Всякого рода насмешки, накопившиеся в течение веков над старым общественным порядком, собраны в его творениях. Ничто от него не ускользнуло: откровенные резкости сказок, смелые выходки фарса, монастырские шуточки чередуются в этой колоссальной сатире, значение которой становится вполне ясно, когда видишь, что Рабле, основательно изучивший античный мир и близко знакомый с народными сказаниями средних веков, соединил в своём труде с бесподобной эрудицией и остроумием комические, смелые выходки всех времён и всех стран.

Таким образом, в творениях Рабле следует искать не намёков, более или менее замаскированных, на образ действия вышеупомянутых французских государей, но оживлённую картину., всех слоёв общества, их нравов, обычаев, их говора. Его творения представляют собою неоценённый исторический документ, но это вовсе не сама история. Жан де Ту в «Истории своего времени» несколькими строчками очень верно характеризует творения Рабле: «Он напечатал остроумное сочинение, в котором под вымышленными именами выставил, как на театре, все состояния человеческой жизни и французского королевства и отдал их на посмеяние народа».

И, в самом деле, описание общества XVI века, ещё недостаточно изученного, представляет главный интерес романа Рабле. Этим в особенности он привлекает и занимает, так как мы находим у него собранными, — частью намеренно, частью бессознательно, — неоценённые материалы, подобных которым не встретим нигде в другом месте.
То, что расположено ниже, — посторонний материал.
// A guest under the house limit: the smaller of the two limits stops a run. What remains of both is seen in every case.
use crate::report::{Tally, agrees};
use crate::rooms::{pushed_under, pushing};
use crate::run::Set;

pub fn cases(tally: &mut Tally) {
    let every = (0..13).all(|guest| (0..13).all(|house| pair(guest, house)));
    tally.verdict("PushConst, every pair of limits to 12", every);
    under(
        tally,
        "PushConst, step limit 3, no house limit",
        Some(3),
        None,
    );
    under(
        tally,
        "PushConst, no step limit, house limit 3",
        None,
        Some(3),
    );
    let most = Some(u64::MAX);
    under(
        tally,
        "PushConst, step limit and house limit 2^64 - 1",
        most,
        most,
    );
    under(
        tally,
        "PushConst, no step limit, house limit 2^64 - 1",
        None,
        most,
    );
}

fn pair(guest: u64, house: u64) -> bool {
    let set = Set::plain().limits(Some(guest), Some(house));
    agrees(&pushing(), set, pushed_under(guest.min(house)))
}

fn under(tally: &mut Tally, name: &str, guest: Option<u64>, house: Option<u64>) {
    let limit = |limit: Option<u64>| limit.unwrap_or(u64::MAX);
    let want = pushed_under(limit(guest).min(limit(house)));
    tally.case(name, &pushing(), Set::plain().limits(guest, house), want);
}
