// Runs the cases of docs/VECTORS.md through the call: one line each, and a last line with the count.
#![tactic(auto)]

mod cells;
mod code;
mod each;
mod floats;
mod guards;
mod handlers;
mod loops;
mod nans;
mod op;
mod pairs;
mod pops;
mod purses;
mod refusals;
mod report;
mod rooms;
mod run;
mod seen;
mod table;
mod whole;
mod withdrawn;

use report::Tally;
use std::io;

fn main(rt: HostRuntime) -> io::Result<()> {
    let mut tally = Tally::new(rt)?;
    guards::cases(&mut tally);
    loops::cases(&mut tally);
    handlers::cases(&mut tally);
    each::cases(&mut tally);
    pops::cases(&mut tally);
    withdrawn::cases(&mut tally);
    nans::cases(&mut tally);
    whole::cases(&mut tally);
    rooms::cases(&mut tally);
    purses::cases(&mut tally);
    cells::cases(&mut tally);
    refusals::cases(&mut tally);
    pairs::cases(&mut tally);
    table::cases(rt, &mut tally)?;
    tally.total();
    tally.flush()
}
При этом, благодаря обширной и разносторонней эрудиции Рабле, его комическое произведение блещет возвышенными и серьёзными идеями, возносящими его над вульгарной буфонадой.


  1. Нравственная комедия человека, женившегося на немой женщине.
  2. Врач поневоле.
  3. Рабле был одним из первых анатомов, которые публично демонстрировали на трупах. В сборнике латинских стихов Доле, напечатанном в Лионе в 1538 г., есть эпитафия одного повешенного, анатомированного, в присутствии многочисленной аудитории, Франсуа Рабле, объяснявшим строение человеческого тела.
  4. Правда, вы мало узнаете здесь совершенного, разве только посмеётесь.